Scotland's Brewdog is crowdfunding £25 million to 'burn down' the bank 'bastardisation' of the beer industry

BrewdogBrewdogBrewdog’s co-founders Martin Dickie and James Watt outside one of their outlets.

Scotland’s biggest independent brewery Brewdog just revealed that it will aim to raise £25 million ($US37 million) via its crowdfunding scheme Equity for Punks in a bid to stop financial institutions from cashing in on its fundraising efforts.

The group, which has 27 bars around the world, announced in a statement that it will release
526,316 shares to the public, for a minimum investment of just £95 for two shares, via its UKLA-accredited investment scheme.

This will be five times more than what it raised in 2013.

“The craft beer revolution has succeeded in redefining beer and Equity for Punks is redefining business finance,” said James Watt, BrewDog co-founder in a statement sent to Business Insider. “By making profit king, the financial institutions of the City gave rise to the bastardisation and commoditization of beer.

“To grow BrewDog whilst being true to our values, we have had to build a whole new generation of business model. Equity for Punks puts the people who really care about our beer in control and keeps the passion and integrity in people’s beer glasses.”

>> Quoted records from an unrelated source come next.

//! Lists whose entries are judged one after the other: the first one at fault counts.
ghost use Rattle.std.specs.Prelude.{◌≡◌, ◌≤◌, ◌<◌, [], IfOk, length, map};
ghost use Rattle.tact_base.specs.declared.limits.TheConstants.{REPLICAS_MAX};
ghost use Rattle.serde_json.specs.View.{view};
ghost use Rattle.work_load.specs.Entries.{Tells, TellsAt, EachAfter, entries, placed_fault};

use crate::fault::{EntryFault, LoadFault};
use serde_json::Value;
use std::alloc::Global;
use tact_base::Items;

/// What an entry of a list is read as.
pub(crate) trait Entry: Drop + Sized {
    ghost use Rattle.std.specs.Prelude.{ℕ, List};
    ghost use Rattle.serde_json.specs.Data.{Data};
    ghost use Rattle.work_load.specs.Values.{Reading};
    ghost use Rattle.work_load.specs.declared.entries.Counts.{Counts};

    /// How one is read by itself and by those before it.
    ghost read_after: { Counts → List Self → Data → Reading Self };

    /// What one that was read is within.
    ghost fits: { Counts → List Self → Self → Type 0 };

    /// Reads one.
    fn read_after(
        alloc: Global,
        counts: Counts,
        before: &[Self],
        value: &Value,
    ) -> Result<Self, EntryFault>
        requires replicas { 0 < counts.replicas }
        requires few { counts.replicas ≤ REPLICAS_MAX }
        requires conits { 0 < counts.conits }
        ensures read { Tells (read_after counts before.now (view value.now)) result }
        ensures within { IfOk result (λ entry. fits counts before.now entry) };
}

/// What a workload's numbers are judged by.
#[derive(Clone, Copy, Debug)]
pub(crate) struct Counts {
    /// The count of replicas.
    pub(crate) replicas: u32,
    /// The count of conits.
    pub(crate) conits: u32,
    /// The replica of the client whose items are read.
    pub(crate) replica: u32,
}

/// The entries of a list, in order. The place of a fault is the position of the entry, counted from `first`.
pub(crate) fn entries<T: Entry>(
    alloc: Global,
    first: u64,
    counts: Counts,
    values: &[Value],
) -> Result<Items<T>, LoadFault>
    requires first { first ≤ 1 }
    requires replicas { 0 < counts.replicas }
    requires few { counts.replicas ≤ REPLICAS_MAX }
    requires conits { 0 < counts.conits }
    ensures read { TellsAt (entries first (T.read_after counts) (map view values.now)) result }
    ensures length { IfOk result (λ list. length list ≡ length values.now) }
    ensures within { IfOk result (λ list. EachAfter (T.fits counts) [] list) }
{
    let mut list = Items::with_capacity(alloc, values.len())?;
    for place in 0..values.len() {
        match T::read_after(alloc, counts, list.items(), &values[place]) {
            Ok(entry) => list.push(entry)?,
            Err(fault) => return Err(placed(fault, first + place as u64)),
        }
    }
    Ok(list)
}

/// The fault of an entry, at its place.
pub(crate) fn placed(fault: EntryFault, place: u64) -> LoadFault
    ensures { result ≡ placed_fault place fault }
{
    match fault {
        EntryFault::Kind(kind) => LoadFault::Bad { place, kind },
        EntryFault::NoMemory => LoadFault::NoMemory,
    }
}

“We are not Rockefeller. We are Guy Fawkes. We are burning the established system — the status quo — down to the ground and forging a new future for business from the flames. We are putting the fat cats out to pasture and empowering everyone to be masters of their own destiny by investing in our passion for craft beer.”

Brewdog was founded by Martin Dickie and James Watt in 2007 with second-hand equipment. It is now Britain’s fastest-growing food & drinks brand. It has opened 27 bars worldwide since 2010 and exports to 55 countries around the world. It employs more than 360 staff.

Earlier this year, Brewdog announced its sixth consecutive year of record growth. It increased its annual turnover by 64% to over £29.6 million in 2014, compared with £18 million in 2013. Its turnover is expected to exceed £50 million this year.